Big Data – Data Preservation or Simply Corporate Hoarding?
Several years ago my Mother passed away. As one of her children, I was faced with the challenge of helping clean out her home prior to it being put up for sale. As we struggled to empty out each room, I was both amazed and appalled by what we found. There were artifacts from almost every year in school, bank statements from the 1950s, yellowing newspaper clippings, and greeting cards of all types and vintages. Occasionally we’d find a piece that was worth our attention, but the vast majority of saved documents were just waste – pieces of useless information tucked away “just in case” they might someday be needed again.
Unfortunately many corporations engage in the same sort of “hording”. Vast quantities of low-value data and obsolete information are retained on spinning disk or archived on tape media forever, “just in case” they may be needed. Multiple copies of databases, outdated binaries from application updates, copies of log files, ancient directories and files that were undeleted – all continue to consume capacity and resources.

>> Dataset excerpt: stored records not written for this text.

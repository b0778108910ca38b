//! An order: text that spells the node tables and the bytes of some cases, an item a line.
//!
//! - `case NAME` starts a case. The lines below belong to the last case that was started.
//! - `node` and ten numbers append a node to the table: kind mark size rows from bitmap slots data extent span.
//! - `nodes HEX` and `nodesfile PATH` append bytes to the table, `bytes HEX` and `bytesfile PATH` to the bytes.
//! - `align N` sets the alignment, 64 where no line does.
//! - `handling resend` and `handling delta` set how the case handles dictionaries that grew, by Resend where no line does.
//! - `error_on_replacement 1` refuses a dictionary that would be replaced, and `error_on_replacement 0`, the default, does not.
//! - `form numbers` and `form supplied` set the header form of the case; where no line does, it is supplied if the case has a `meta` line, else numbers.
//! - `meta HEX` supplies one more header.
//! - `sink bytes N` has the sink take N bytes more than it holds at first, 67108864 where no line says; `sink buffers N P` has it keep pieces, and take N bytes and P pieces more.
//! - `held HEX` appends bytes to those that the sink holds at first.
//! - `out PATH` says where the sink's bytes go when the case ends.
//! - `show FIRST COLUMNS ROWS` asks to show the rows of a batch: a first node, how many columns, and how many rows they have.
//! - `id` asks for the next id.
//! - `collect FIRST COLUMNS ROWS` asks to collect the dictionaries of a batch.
//! - `memory FIELDS BUFFERS MESSAGES WORK METADATA` says how long the memories are that the calls after it are lent: entries of the first three, and bytes of the others.
//! - `plan FIRST COLUMNS ROWS` asks to plan the messages of a batch.
//! - `frame FIRST COLUMNS ROWS` asks to plan a batch and write its frames.
//!
//! The three options, and `form`, `sink` and `out`, stand for the whole case, wherever their lines are; of two lines that set the same, the last counts.
//!
//! Blanks stand between words, and `#` starts a comment. Hex is in pairs of digits, and `-` is none.
#![tactic(auto)]

ghost use Rattle.std.specs.Prelude.{◌≡◌, [], ◌∷◌, ◌++◌, string_bytes};
ghost use Rattle.std.specs.Option.{option_map};
ghost use Rattle.orders.specs.Orders.{spelled, fresh, header_form, started, cases_in, begun, Makes, Turns, Follows, OrderRead};
ghost use Rattle.orders.specs.Adding.{added, to_last_of};

mod call;
mod error;
mod framing;
mod hex;
mod item;
mod number;
mod options;
mod text;

pub use call::{Batch, Call, MemorySizes};
pub use error::{OrderError, Why};
pub use framing::{FormName, SinkSizes};
use item::{Item, Part, read_item};
pub use options::Options;
use recording::DictionaryHandling;
use std::alloc::Global;
use std::fs;
use std::rt::Files;
use text::Lines;

/// A recording to open, its node table and its bytes, the options and the framing that its lines set, and what they ask for. A case before the first `case` line has no name.
// The two runs stand apart, since an opening takes them so.
// No `Debug`: it would print the bytes of a recording.
#[derive(Drop)]
pub struct Case {
    pub name: Option<String>,
    pub nodes: Vec<u8>,
    pub bytes: Vec<u8>,
    pub options: Options,
    /// What the lines say; `header_form` gives the form also where none does.
    pub form: Option<FormName>,
    /// The headers that the case supplies, in order.
    pub headers: Vec<Vec<u8>>,
    pub sink: SinkSizes,
    /// What the sink holds at first.
    pub held: Vec<u8>,
    /// Where the sink's bytes go when the case ends.
    pub out: Option<String>,
    pub calls: Vec<Call>,
}

impl Case {
    fn new(heap: Global, name: Option<String>) -> Case
        ensures { spelled result ≡ fresh (option_map string_bytes name) }
    {
        Case {
            name,
            nodes: Vec::new(heap),
            bytes: Vec::new(heap),
            options: Options::default(),
            form: None,
            headers: Vec::new(heap),
            sink: SinkSizes::default(),
            held: Vec::new(heap),
            out: None,
            calls: Vec::new(heap),
        }
    }

    /// The header form of the case: the one that a line says, or else supplied where the case supplies a header.
    pub fn header_form(&self) -> FormName
        ensures { result ≡ header_form (spelled self.now) }
    {
        match self.form {
            Some(form) => form,
            None if self.headers.is_empty() => FormName::Numbers,
            None => FormName::Supplied,
        }
    }

    fn add(&mut self, more: More) -> Result<(), Why>
        ensures { Makes result (spelled self.new ≡ added more.entry (spelled self.old)) }
    {
        match more {
            More::Run(Part::Nodes, bytes) => self.nodes.extend_from_slice(bytes)?,
            More::Run(Part::Bytes, bytes) => self.bytes.extend_from_slice(bytes)?,
            More::Run(Part::Held, bytes) => self.held.extend_from_slice(bytes)?,
            More::Align(alignment) => self.options.alignment = alignment,
            More::Handling(handling) => self.options.dictionary_handling = handling,
            More::ErrorOnReplacement(refuse) => self.options.error_on_replacement = refuse,
            More::Form(form) => self.form = Some(form),
            More::Header(header) => self.headers.push(header)?,
            More::Sink(sizes) => self.sink = sizes,
            More::Out(path) => self.out = Some(path),
            More::Call(call) => self.calls.push(call)?,
        }
        Ok(())
    }
}

// What more a line says of a case.
#[derive(Drop)]
enum More<'a> {
    Run(Part, &'a [u8]),
    Align(u64),
    Handling(DictionaryHandling),
    ErrorOnReplacement(bool),
    Form(FormName),
    Header(Vec<u8>),
    Sink(SinkSizes),
    Out(String),
    Call(Call),
}

/// The cases of an order, at least one.
pub fn read_order(rt: &(impl Files + AllocGlobal), text: &[u8]) -> Result<Vec<Case>, OrderError>
    ensures { OrderRead text.now result }
{
    let mut cases = Vec::new(rt.alloc());
    // The last line is named where memory runs out after it.
    let mut line = 0;
    for (before, words) in Lines(text).enumerate() {
        line = before as u64 + 1;
        follow(rt, words, &mut cases).map_err(|why| OrderError { line, why })?;
    }
    begin(&mut cases).map_err(|why| OrderError { line, why })?;
    Ok(cases)
}

// Does to the cases so far what a line says.
fn follow(rt: &(impl Files + AllocGlobal), line: &[u8], cases: &mut Vec<Case>) -> Result<(), Why>
    ensures { Follows line.now (cases_in cases.old) result (cases_in cases.new) }
{
    let Some(item) = read_item(rt.alloc(), line)? else {
        return Ok(());
    };
    match item {
        Item::Case(name) => add_case(cases, Some(name)),
        Item::Node(node) => add_to_last(cases, More::Run(Part::Nodes, &node.to_bytes())),
        Item::Hex(part, bytes) => add_to_last(cases, More::Run(part, &bytes)),
        Item::File(part, path) => {
            add_to_last(cases, More::Run(part, &fs::read(rt, path.as_str())?))
        }
        Item::Align(alignment) => add_to_last(cases, More::Align(alignment)),
        Item::Handling(handling) => add_to_last(cases, More::Handling(handling)),
        Item::ErrorOnReplacement(refuse) => add_to_last(cases, More::ErrorOnReplacement(refuse)),
        Item::Form(form) => add_to_last(cases, More::Form(form)),
        Item::Meta(header) => add_to_last(cases, More::Header(header)),
        Item::Sink(sizes) => add_to_last(cases, More::Sink(sizes)),
        Item::Out(path) => add_to_last(cases, More::Out(path)),
        Item::Call(call) => add_to_last(cases, More::Call(call)),
    }
}

fn add_case(cases: &mut Vec<Case>, name: Option<String>) -> Result<(), Why>
    ensures { Turns (started (option_map string_bytes name)) cases.old result cases.new }
{
    let heap = *cases.allocator();
    cases.push(Case::new(heap, name))?;
    Ok(())
}

// An unnamed case where there is none yet.
fn begin(cases: &mut Vec<Case>) -> Result<(), Why>
    ensures { Turns begun cases.old result cases.new }
{
    if cases.is_empty() {
        add_case(cases, None)?;
    }
    Ok(())
}

// Adds to the last case, or to an unnamed one where there is none yet.
fn add_to_last(cases: &mut Vec<Case>, more: More) -> Result<(), Why>
    ensures { Turns (to_last_of more.entry) cases.old result cases.new }
{
    begin(cases)?;
    cases.last_mut().unwrap().add(more)
}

Perhaps this strategy worked in years past, but it has long outlived its usefulness. At the average industry growth rate, the 2.5 Petabyte of storage you struggle with today will explode to over 1.0 Exabytes within 15-yrs! That’s a 400 times increase in your need for storage capacity, backup and recovery, SAN fabric bandwidth, data center floor space, power and cooling, storage management, staffing, disaster recovery, and related support items. The list of resources impacted by storage growth is extensive. In a previous post I’d identified (46) separate areas that are directly affected by storage growth, and must be scaled accordingly. An x400 expansion will result in a simply stunning amount of hardware, software, facilities, support services, and other critical resources needed to support this rate of growth. Deduplication, compression, and other size reduction methods may provide temporary relief but in most cases they simply defer the problem, not eliminate it.
The solution is obvious – reduce the amount of data being saved. Determine what is truly relevant and save only information that has demonstrable residual value. This requires a system of data classification, and a method for managing, migrating, and ultimately expiring files.
Unfortunately that is much easier said than done. Attempt to perform data categorization manually and you’ll quickly be overwhelmed by the tsunami of data flooding the IT department. Purchase one of the emerging commercial tools for data categorization, and you may be frustrated by how much content is incorrectly evaluated and assigned to incorrect categories.
Regardless of the challenges, there are very few viable alternatives to data classification for maintaining massive amounts of information. Far greater emphasis should be placed on identifying and destroying low or no-value files. (Is there really sound justification for saving last Thursday’s cafeteria menu or knowing who won Employee-of-the-Month last July?). Invest in an automated policy-based management product that allows data to be demoted backward through the storage tiers and ultimately destroyed, based on pre-defined company criteria. Something has to “give” or the quantity of retained data will eventually outpace future IT budget allocations for storage.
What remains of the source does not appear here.